:: Exercise prompt ::
Reproduce the records below in their entirety, exactly as shown.

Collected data

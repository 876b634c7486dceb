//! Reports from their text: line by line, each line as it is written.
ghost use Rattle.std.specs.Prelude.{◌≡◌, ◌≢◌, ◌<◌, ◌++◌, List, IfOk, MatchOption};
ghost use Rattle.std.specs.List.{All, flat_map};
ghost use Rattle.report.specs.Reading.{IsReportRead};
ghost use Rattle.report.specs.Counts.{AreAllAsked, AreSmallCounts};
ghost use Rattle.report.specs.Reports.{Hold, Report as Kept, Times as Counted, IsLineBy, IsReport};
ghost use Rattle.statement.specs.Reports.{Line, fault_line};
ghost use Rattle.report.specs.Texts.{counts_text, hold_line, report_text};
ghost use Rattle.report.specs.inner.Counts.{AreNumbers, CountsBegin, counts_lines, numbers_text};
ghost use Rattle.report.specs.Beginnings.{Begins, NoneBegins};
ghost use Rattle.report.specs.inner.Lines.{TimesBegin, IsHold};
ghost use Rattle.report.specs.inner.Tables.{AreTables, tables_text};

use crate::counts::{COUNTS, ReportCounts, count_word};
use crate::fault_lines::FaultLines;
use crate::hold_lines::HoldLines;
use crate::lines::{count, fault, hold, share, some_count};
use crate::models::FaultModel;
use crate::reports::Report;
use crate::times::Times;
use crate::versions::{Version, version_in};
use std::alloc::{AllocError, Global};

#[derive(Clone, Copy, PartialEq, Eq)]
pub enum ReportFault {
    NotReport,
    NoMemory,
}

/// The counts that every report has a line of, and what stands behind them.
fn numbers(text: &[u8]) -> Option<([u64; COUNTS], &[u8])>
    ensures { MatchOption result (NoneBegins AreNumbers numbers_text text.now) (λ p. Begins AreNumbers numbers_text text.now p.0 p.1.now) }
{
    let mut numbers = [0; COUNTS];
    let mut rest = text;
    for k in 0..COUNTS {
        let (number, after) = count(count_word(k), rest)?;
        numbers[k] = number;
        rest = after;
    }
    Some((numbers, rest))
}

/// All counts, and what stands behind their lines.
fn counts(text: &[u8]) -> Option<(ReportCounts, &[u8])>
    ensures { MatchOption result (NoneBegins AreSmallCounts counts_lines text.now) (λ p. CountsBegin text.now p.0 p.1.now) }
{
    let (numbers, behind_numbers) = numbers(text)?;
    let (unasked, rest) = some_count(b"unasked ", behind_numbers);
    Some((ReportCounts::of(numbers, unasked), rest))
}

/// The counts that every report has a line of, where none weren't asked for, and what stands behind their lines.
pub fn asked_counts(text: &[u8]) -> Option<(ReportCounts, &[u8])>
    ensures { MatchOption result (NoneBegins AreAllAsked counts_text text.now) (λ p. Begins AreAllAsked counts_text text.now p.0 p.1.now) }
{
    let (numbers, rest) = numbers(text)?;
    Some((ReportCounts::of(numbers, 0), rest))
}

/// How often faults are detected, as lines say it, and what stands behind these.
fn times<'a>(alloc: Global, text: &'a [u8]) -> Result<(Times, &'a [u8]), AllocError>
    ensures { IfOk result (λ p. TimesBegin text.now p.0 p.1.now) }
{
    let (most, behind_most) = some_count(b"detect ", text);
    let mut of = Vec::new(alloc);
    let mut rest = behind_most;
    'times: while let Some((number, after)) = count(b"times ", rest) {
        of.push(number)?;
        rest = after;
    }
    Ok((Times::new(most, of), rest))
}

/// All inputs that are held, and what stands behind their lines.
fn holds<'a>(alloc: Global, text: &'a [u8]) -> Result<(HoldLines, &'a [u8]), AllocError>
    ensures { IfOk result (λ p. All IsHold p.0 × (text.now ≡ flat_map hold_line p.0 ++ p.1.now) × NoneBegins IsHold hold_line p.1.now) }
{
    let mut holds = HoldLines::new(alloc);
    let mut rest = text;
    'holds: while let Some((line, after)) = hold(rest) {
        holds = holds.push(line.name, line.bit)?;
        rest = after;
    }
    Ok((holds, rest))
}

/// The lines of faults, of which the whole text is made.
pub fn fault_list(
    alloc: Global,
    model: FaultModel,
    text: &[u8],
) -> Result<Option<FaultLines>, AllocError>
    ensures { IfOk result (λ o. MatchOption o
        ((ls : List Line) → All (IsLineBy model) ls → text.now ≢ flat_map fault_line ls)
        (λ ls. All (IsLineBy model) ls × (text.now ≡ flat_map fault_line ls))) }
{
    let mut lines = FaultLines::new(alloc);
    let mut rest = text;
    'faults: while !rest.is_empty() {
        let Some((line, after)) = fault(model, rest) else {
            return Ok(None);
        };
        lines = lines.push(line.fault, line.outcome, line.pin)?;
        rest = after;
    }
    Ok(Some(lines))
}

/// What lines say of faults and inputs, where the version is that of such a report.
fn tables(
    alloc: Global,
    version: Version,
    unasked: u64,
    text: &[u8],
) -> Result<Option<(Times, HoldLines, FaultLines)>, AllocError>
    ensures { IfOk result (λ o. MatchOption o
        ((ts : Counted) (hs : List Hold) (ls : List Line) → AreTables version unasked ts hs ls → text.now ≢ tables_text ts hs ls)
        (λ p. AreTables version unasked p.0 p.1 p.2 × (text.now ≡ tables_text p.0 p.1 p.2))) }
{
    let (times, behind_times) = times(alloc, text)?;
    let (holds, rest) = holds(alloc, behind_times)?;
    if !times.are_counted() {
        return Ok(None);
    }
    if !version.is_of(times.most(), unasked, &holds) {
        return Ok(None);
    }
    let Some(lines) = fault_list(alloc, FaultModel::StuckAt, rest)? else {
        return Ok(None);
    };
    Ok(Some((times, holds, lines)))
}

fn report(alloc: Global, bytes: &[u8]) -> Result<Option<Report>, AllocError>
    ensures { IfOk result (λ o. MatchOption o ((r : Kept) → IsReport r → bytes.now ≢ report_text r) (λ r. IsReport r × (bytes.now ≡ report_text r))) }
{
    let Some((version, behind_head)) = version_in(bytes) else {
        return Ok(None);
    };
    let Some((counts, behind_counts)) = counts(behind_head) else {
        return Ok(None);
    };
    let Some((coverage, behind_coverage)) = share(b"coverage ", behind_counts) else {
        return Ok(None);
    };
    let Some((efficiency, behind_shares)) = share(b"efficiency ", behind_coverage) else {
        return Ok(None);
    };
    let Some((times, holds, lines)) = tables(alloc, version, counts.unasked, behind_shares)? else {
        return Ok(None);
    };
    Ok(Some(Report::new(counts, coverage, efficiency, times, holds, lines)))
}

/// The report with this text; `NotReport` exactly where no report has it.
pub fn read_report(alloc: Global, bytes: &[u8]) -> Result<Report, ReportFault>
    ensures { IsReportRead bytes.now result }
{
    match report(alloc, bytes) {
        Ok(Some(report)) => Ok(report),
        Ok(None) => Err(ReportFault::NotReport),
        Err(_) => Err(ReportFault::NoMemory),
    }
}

:: Task response ::
repository 876b634c7486dceb
//! Reports from their text: line by line, each line as it is written.
ghost use Rattle.std.specs.Prelude.{◌≡◌, ◌≢◌, ◌<◌, ◌++◌, List, IfOk, MatchOption};
ghost use Rattle.std.specs.List.{All, flat_map};
ghost use Rattle.report.specs.Reading.{IsReportRead};
ghost use Rattle.report.specs.Counts.{AreAllAsked, AreSmallCounts};
ghost use Rattle.report.specs.Reports.{Hold, Report as Kept, Times as Counted, IsLineBy, IsReport};
ghost use Rattle.statement.specs.Reports.{Line, fault_line};
ghost use Rattle.report.specs.Texts.{counts_text, hold_line, report_text};
ghost use Rattle.report.specs.inner.Counts.{AreNumbers, CountsBegin, counts_lines, numbers_text};
ghost use Rattle.report.specs.Beginnings.{Begins, NoneBegins};
ghost use Rattle.report.specs.inner.Lines.{TimesBegin, IsHold};
ghost use Rattle.report.specs.inner.Tables.{AreTables, tables_text};

use crate::counts::{COUNTS, ReportCounts, count_word};
use crate::fault_lines::FaultLines;
use crate::hold_lines::HoldLines;
use crate::lines::{count, fault, hold, share, some_count};
use crate::models::FaultModel;
use crate::reports::Report;
use crate::times::Times;
use crate::versions::{Version, version_in};
use std::alloc::{AllocError, Global};

#[derive(Clone, Copy, PartialEq, Eq)]
pub enum ReportFault {
    NotReport,
    NoMemory,
}

/// The counts that every report has a line of, and what stands behind them.
fn numbers(text: &[u8]) -> Option<([u64; COUNTS], &[u8])>
    ensures { MatchOption result (NoneBegins AreNumbers numbers_text text.now) (λ p. Begins AreNumbers numbers_text text.now p.0 p.1.now) }
{
    let mut numbers = [0; COUNTS];
    let mut rest = text;
    for k in 0..COUNTS {
        let (number, after) = count(count_word(k), rest)?;
        numbers[k] = number;
        rest = after;
    }
    Some((numbers, rest))
}

/// All counts, and what stands behind their lines.
fn counts(text: &[u8]) -> Option<(ReportCounts, &[u8])>
    ensures { MatchOption result (NoneBegins AreSmallCounts counts_lines text.now) (λ p. CountsBegin text.now p.0 p.1.now) }
{
    let (numbers, behind_numbers) = numbers(text)?;
    let (unasked, rest) = some_count(b"unasked ", behind_numbers);
    Some((ReportCounts::of(numbers, unasked), rest))
}

/// The counts that every report has a line of, where none weren't asked for, and what stands behind their lines.
pub fn asked_counts(text: &[u8]) -> Option<(ReportCounts, &[u8])>
    ensures { MatchOption result (NoneBegins AreAllAsked counts_text text.now) (λ p. Begins AreAllAsked counts_text text.now p.0 p.1.now) }
{
    let (numbers, rest) = numbers(text)?;
    Some((ReportCounts::of(numbers, 0), rest))
}

/// How often faults are detected, as lines say it, and what stands behind these.
fn times<'a>(alloc: Global, text: &'a [u8]) -> Result<(Times, &'a [u8]), AllocError>
    ensures { IfOk result (λ p. TimesBegin text.now p.0 p.1.now) }
{
    let (most, behind_most) = some_count(b"detect ", text);
    let mut of = Vec::new(alloc);
    let mut rest = behind_most;
    'times: while let Some((number, after)) = count(b"times ", rest) {
        of.push(number)?;
        rest = after;
    }
    Ok((Times::new(most, of), rest))
}

/// All inputs that are held, and what stands behind their lines.
fn holds<'a>(alloc: Global, text: &'a [u8]) -> Result<(HoldLines, &'a [u8]), AllocError>
    ensures { IfOk result (λ p. All IsHold p.0 × (text.now ≡ flat_map hold_line p.0 ++ p.1.now) × NoneBegins IsHold hold_line p.1.now) }
{
    let mut holds = HoldLines::new(alloc);
    let mut rest = text;
    'holds: while let Some((line, after)) = hold(rest) {
        holds = holds.push(line.name, line.bit)?;
        rest = after;
    }
    Ok((holds, rest))
}

/// The lines of faults, of which the whole text is made.
pub fn fault_list(
    alloc: Global,
    model: FaultModel,
    text: &[u8],
) -> Result<Option<FaultLines>, AllocError>
    ensures { IfOk result (λ o. MatchOption o
        ((ls : List Line) → All (IsLineBy model) ls → text.now ≢ flat_map fault_line ls)
        (λ ls. All (IsLineBy model) ls × (text.now ≡ flat_map fault_line ls))) }
{
    let mut lines = FaultLines::new(alloc);
    let mut rest = text;
    'faults: while !rest.is_empty() {
        let Some((line, after)) = fault(model, rest) else {
            return Ok(None);
        };
        lines = lines.push(line.fault, line.outcome, line.pin)?;
        rest = after;
    }
    Ok(Some(lines))
}

/// What lines say of faults and inputs, where the version is that of such a report.
fn tables(
    alloc: Global,
    version: Version,
    unasked: u64,
    text: &[u8],
) -> Result<Option<(Times, HoldLines, FaultLines)>, AllocError>
    ensures { IfOk result (λ o. MatchOption o
        ((ts : Counted) (hs : List Hold) (ls : List Line) → AreTables version unasked ts hs ls → text.now ≢ tables_text ts hs ls)
        (λ p. AreTables version unasked p.0 p.1 p.2 × (text.now ≡ tables_text p.0 p.1 p.2))) }
{
    let (times, behind_times) = times(alloc, text)?;
    let (holds, rest) = holds(alloc, behind_times)?;
    if !times.are_counted() {
        return Ok(None);
    }
    if !version.is_of(times.most(), unasked, &holds) {
        return Ok(None);
    }
    let Some(lines) = fault_list(alloc, FaultModel::StuckAt, rest)? else {
        return Ok(None);
    };
    Ok(Some((times, holds, lines)))
}

fn report(alloc: Global, bytes: &[u8]) -> Result<Option<Report>, AllocError>
    ensures { IfOk result (λ o. MatchOption o ((r : Kept) → IsReport r → bytes.now ≢ report_text r) (λ r. IsReport r × (bytes.now ≡ report_text r))) }
{
    let Some((version, behind_head)) = version_in(bytes) else {
        return Ok(None);
    };
    let Some((counts, behind_counts)) = counts(behind_head) else {
        return Ok(None);
    };
    let Some((coverage, behind_coverage)) = share(b"coverage ", behind_counts) else {
        return Ok(None);
    };
    let Some((efficiency, behind_shares)) = share(b"efficiency ", behind_coverage) else {
        return Ok(None);
    };
    let Some((times, holds, lines)) = tables(alloc, version, counts.unasked, behind_shares)? else {
        return Ok(None);
    };
    Ok(Some(Report::new(counts, coverage, efficiency, times, holds, lines)))
}

/// The report with this text; `NotReport` exactly where no report has it.
pub fn read_report(alloc: Global, bytes: &[u8]) -> Result<Report, ReportFault>
    ensures { IsReportRead bytes.now result }
{
    match report(alloc, bytes) {
        Ok(Some(report)) => Ok(report),
        Ok(None) => Err(ReportFault::NotReport),
        Err(_) => Err(ReportFault::NoMemory),
    }
}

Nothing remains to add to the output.